The expected output is an exact restatement of all the records.

★ ★ ★

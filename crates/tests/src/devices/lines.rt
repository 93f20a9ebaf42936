//! The lines that scroll off wait if there is no capacity for them, and take no memory.
ghost use Rattle.std.specs.Prelude.{◌+◌, ◌≤◌, vec_capacity, vec_len};

use crate::rows::holds;
use std::alloc::{AllocError, Global};
use vt_syntax::EventKind;
use vt_term::{ROW_TEXT_LIMIT, Size, SizedTerminal};

/// Returns numbered lines with an end each.
fn numbered(alloc: Global, count: u32, end: &[u8]) -> Result<Vec<u8>, AllocError> {
    let mut text = Vec::new(alloc);
    for i in 0..count {
        let line = format!(in alloc; "line number {}", i)?;
        text.extend_from_slice(line.as_bytes())?;
        text.extend_from_slice(end)?;
    }
    Ok(text)
}

/// Feeds the front of some bytes, with capacity for one line, and appends the line that scrolls off. Returns how many bytes it
/// fed.
fn feed_to_a_line(
    alloc: Global,
    terminal: &mut SizedTerminal,
    bytes: &[u8],
    lines: &mut Vec<u8>,
) -> Result<usize, AllocError> {
    let piece = &bytes[..bytes.len().min(4096)];
    let mut reports = Vec::with_capacity(alloc, 40960)?;
    let mut line = Vec::with_capacity(alloc, ROW_TEXT_LIMIT)?;
    let played = terminal.feed_log_reserved(piece, &mut reports, &mut line);
    lines.extend_from_slice(&line)?;
    Ok(played)
}

/// Returns the lines that scroll off if there is capacity for one at a time.
fn logged_by_lines(alloc: Global, input: &[u8]) -> Result<Vec<u8>, AllocError> {
    let mut terminal = SizedTerminal::new(alloc, Size::vt220())?;
    let mut lines = Vec::new(alloc);
    let mut at = 0;
    for _ in 0..1000u16 {
        if at < input.len() {
            at += feed_to_a_line(alloc, &mut terminal, &input[at..], &mut lines)?.min(
                input.len() - at,
            );
        }
    }
    Ok(lines)
}

/// Returns whether the first 77 of 100 lines scroll off: the cursor is on the last row after the 23 others.
fn is_logged_by_lines(alloc: Global) -> Result<bool, AllocError> {
    let input = numbered(alloc, 100, b"\r\n")?;
    Ok(logged_by_lines(alloc, &input)? == numbered(alloc, 77, b"\n")?)
}

#[test]
fn lines_wait_for_room(rt: HostRuntime) {
    holds(&rt, "one line at a time", is_logged_by_lines(rt.alloc()));
}

/// Returns the lines that scroll off up to a capacity, and how many bytes were played.
fn fitting_lines(
    alloc: Global,
    input: &[u8],
    capacity: usize,
) -> Result<(Vec<u8>, usize), AllocError> {
    let piece = &input[..input.len().min(4096)];
    let mut terminal = SizedTerminal::new(alloc, Size::vt220())?;
    let mut reports = Vec::with_capacity(alloc, 40960)?;
    let mut lines = Vec::with_capacity(alloc, capacity)?;
    let played = terminal.feed_log_reserved(piece, &mut reports, &mut lines);
    Ok((lines, played))
}

/// Returns whether the first of 30 lines scrolls off at the LF of the 24th, after 373 bytes. Ten of these lines have 15 bytes
/// each and the others 16, so the next one scrolls off 16 bytes later.
fn is_read_in_time(alloc: Global) -> Result<bool, AllocError> {
    let input = numbered(alloc, 30, b"\r\n")?;
    let (none, first) = fitting_lines(alloc, &input, 0)?;
    let (line, second) = fitting_lines(alloc, &input, ROW_TEXT_LIMIT)?;
    Ok(
        none.is_empty()
            && first == 373
            && line.as_slice() == b"line number 0\n".as_slice()
            && second == 389,
    )
}

#[test]
fn a_line_is_read_before_it_scrolls_off(rt: HostRuntime) {
    holds(&rt, "the first line", is_read_in_time(rt.alloc()));
}

/// Returns whether LF scrolls a line off in the last row, and not in the first.
fn is_told_by_the_row(alloc: Global) -> Result<bool, AllocError> {
    let mut terminal = SizedTerminal::new(alloc, Size::vt220())?;
    let mut reports = Vec::new(alloc);
    let first = terminal.scrolls_off(EventKind::Control(b'\n'));
    terminal.feed(b"\x1b[24H", &mut reports)?;
    Ok(!first && terminal.scrolls_off(EventKind::Control(b'\n')))
}

#[test]
fn a_line_feed_scrolls_in_the_last_row(rt: HostRuntime) {
    holds(&rt, "LF", is_told_by_the_row(rt.alloc()));
}

/// Lines that scroll off, and a report.
const INPUT: &[u8] = b"A\x1b[2J\x1b[24;80Hxy\x1b[6n\n\n\x1bcB\x1b[24H\n\n";

/// Feeds the input in the capacity that is there. Returns how many bytes it fed.
fn feed(terminal: &mut SizedTerminal, reports: &mut Vec<u8>, lines: &mut Vec<u8>) -> usize
    requires { vec_len reports.old + 1000 ≤ vec_capacity reports.old }
{
    if INPUT.len() > 100 {
        return 0;
    }
    terminal.feed_log_reserved(INPUT, reports, lines)
}

/// Returns whether the lines take no memory with this capacity for them, and the input is played if that is enough.
fn takes_no_memory(alloc: Global, room: usize, is_enough: bool) -> Result<bool, AllocError> {
    let mut reports = Vec::with_capacity(alloc, 1000)?;
    let mut lines = Vec::with_capacity(alloc, room)?;
    let mut terminal = SizedTerminal::new(alloc, Size::vt220())?;
    let of_reports = reports.capacity();
    let of_lines = lines.capacity();
    let played = feed(&mut terminal, &mut reports, &mut lines);
    let is_same = reports.capacity() == of_reports && lines.capacity() == of_lines;
    Ok(is_same && (played == INPUT.len()) == is_enough)
}

/// A capacity for lines (none, a line, a screen, and all), and whether it is enough.
const ROOMS: [(usize, bool); 4] = [(0, false), (397, false), (9528, true), (1_000_000, true)];

#[test]
fn lines_take_no_memory(rt: HostRuntime) {
    for (room, is_enough) in &ROOMS {
        holds(&rt, room, takes_no_memory(rt.alloc(), *room, *is_enough));
    }
}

★ ★ ★

SOLVED EXERCISE:
filename crates/tests/src/devices/lines.rt
repository 93f20a9ebaf42936
//! The lines that scroll off wait if there is no capacity for them, and take no memory.
ghost use Rattle.std.specs.Prelude.{◌+◌, ◌≤◌, vec_capacity, vec_len};

use crate::rows::holds;
use std::alloc::{AllocError, Global};
use vt_syntax::EventKind;
use vt_term::{ROW_TEXT_LIMIT, Size, SizedTerminal};

/// Returns numbered lines with an end each.
fn numbered(alloc: Global, count: u32, end: &[u8]) -> Result<Vec<u8>, AllocError> {
    let mut text = Vec::new(alloc);
    for i in 0..count {
        let line = format!(in alloc; "line number {}", i)?;
        text.extend_from_slice(line.as_bytes())?;
        text.extend_from_slice(end)?;
    }
    Ok(text)
}

/// Feeds the front of some bytes, with capacity for one line, and appends the line that scrolls off. Returns how many bytes it
/// fed.
fn feed_to_a_line(
    alloc: Global,
    terminal: &mut SizedTerminal,
    bytes: &[u8],
    lines: &mut Vec<u8>,
) -> Result<usize, AllocError> {
    let piece = &bytes[..bytes.len().min(4096)];
    let mut reports = Vec::with_capacity(alloc, 40960)?;
    let mut line = Vec::with_capacity(alloc, ROW_TEXT_LIMIT)?;
    let played = terminal.feed_log_reserved(piece, &mut reports, &mut line);
    lines.extend_from_slice(&line)?;
    Ok(played)
}

/// Returns the lines that scroll off if there is capacity for one at a time.
fn logged_by_lines(alloc: Global, input: &[u8]) -> Result<Vec<u8>, AllocError> {
    let mut terminal = SizedTerminal::new(alloc, Size::vt220())?;
    let mut lines = Vec::new(alloc);
    let mut at = 0;
    for _ in 0..1000u16 {
        if at < input.len() {
            at += feed_to_a_line(alloc, &mut terminal, &input[at..], &mut lines)?.min(
                input.len() - at,
            );
        }
    }
    Ok(lines)
}

/// Returns whether the first 77 of 100 lines scroll off: the cursor is on the last row after the 23 others.
fn is_logged_by_lines(alloc: Global) -> Result<bool, AllocError> {
    let input = numbered(alloc, 100, b"\r\n")?;
    Ok(logged_by_lines(alloc, &input)? == numbered(alloc, 77, b"\n")?)
}

#[test]
fn lines_wait_for_room(rt: HostRuntime) {
    holds(&rt, "one line at a time", is_logged_by_lines(rt.alloc()));
}

/// Returns the lines that scroll off up to a capacity, and how many bytes were played.
fn fitting_lines(
    alloc: Global,
    input: &[u8],
    capacity: usize,
) -> Result<(Vec<u8>, usize), AllocError> {
    let piece = &input[..input.len().min(4096)];
    let mut terminal = SizedTerminal::new(alloc, Size::vt220())?;
    let mut reports = Vec::with_capacity(alloc, 40960)?;
    let mut lines = Vec::with_capacity(alloc, capacity)?;
    let played = terminal.feed_log_reserved(piece, &mut reports, &mut lines);
    Ok((lines, played))
}

/// Returns whether the first of 30 lines scrolls off at the LF of the 24th, after 373 bytes. Ten of these lines have 15 bytes
/// each and the others 16, so the next one scrolls off 16 bytes later.
fn is_read_in_time(alloc: Global) -> Result<bool, AllocError> {
    let input = numbered(alloc, 30, b"\r\n")?;
    let (none, first) = fitting_lines(alloc, &input, 0)?;
    let (line, second) = fitting_lines(alloc, &input, ROW_TEXT_LIMIT)?;
    Ok(
        none.is_empty()
            && first == 373
            && line.as_slice() == b"line number 0\n".as_slice()
            && second == 389,
    )
}

#[test]
fn a_line_is_read_before_it_scrolls_off(rt: HostRuntime) {
    holds(&rt, "the first line", is_read_in_time(rt.alloc()));
}

/// Returns whether LF scrolls a line off in the last row, and not in the first.
fn is_told_by_the_row(alloc: Global) -> Result<bool, AllocError> {
    let mut terminal = SizedTerminal::new(alloc, Size::vt220())?;
    let mut reports = Vec::new(alloc);
    let first = terminal.scrolls_off(EventKind::Control(b'\n'));
    terminal.feed(b"\x1b[24H", &mut reports)?;
    Ok(!first && terminal.scrolls_off(EventKind::Control(b'\n')))
}

#[test]
fn a_line_feed_scrolls_in_the_last_row(rt: HostRuntime) {
    holds(&rt, "LF", is_told_by_the_row(rt.alloc()));
}

/// Lines that scroll off, and a report.
const INPUT: &[u8] = b"A\x1b[2J\x1b[24;80Hxy\x1b[6n\n\n\x1bcB\x1b[24H\n\n";

/// Feeds the input in the capacity that is there. Returns how many bytes it fed.
fn feed(terminal: &mut SizedTerminal, reports: &mut Vec<u8>, lines: &mut Vec<u8>) -> usize
    requires { vec_len reports.old + 1000 ≤ vec_capacity reports.old }
{
    if INPUT.len() > 100 {
        return 0;
    }
    terminal.feed_log_reserved(INPUT, reports, lines)
}

/// Returns whether the lines take no memory with this capacity for them, and the input is played if that is enough.
fn takes_no_memory(alloc: Global, room: usize, is_enough: bool) -> Result<bool, AllocError> {
    let mut reports = Vec::with_capacity(alloc, 1000)?;
    let mut lines = Vec::with_capacity(alloc, room)?;
    let mut terminal = SizedTerminal::new(alloc, Size::vt220())?;
    let of_reports = reports.capacity();
    let of_lines = lines.capacity();
    let played = feed(&mut terminal, &mut reports, &mut lines);
    let is_same = reports.capacity() == of_reports && lines.capacity() == of_lines;
    Ok(is_same && (played == INPUT.len()) == is_enough)
}

/// A capacity for lines (none, a line, a screen, and all), and whether it is enough.
const ROOMS: [(usize, bool); 4] = [(0, false), (397, false), (9528, true), (1_000_000, true)];

#[test]
fn lines_take_no_memory(rt: HostRuntime) {
    for (room, is_enough) in &ROOMS {
        holds(&rt, room, takes_no_memory(rt.alloc(), *room, *is_enough));
    }
}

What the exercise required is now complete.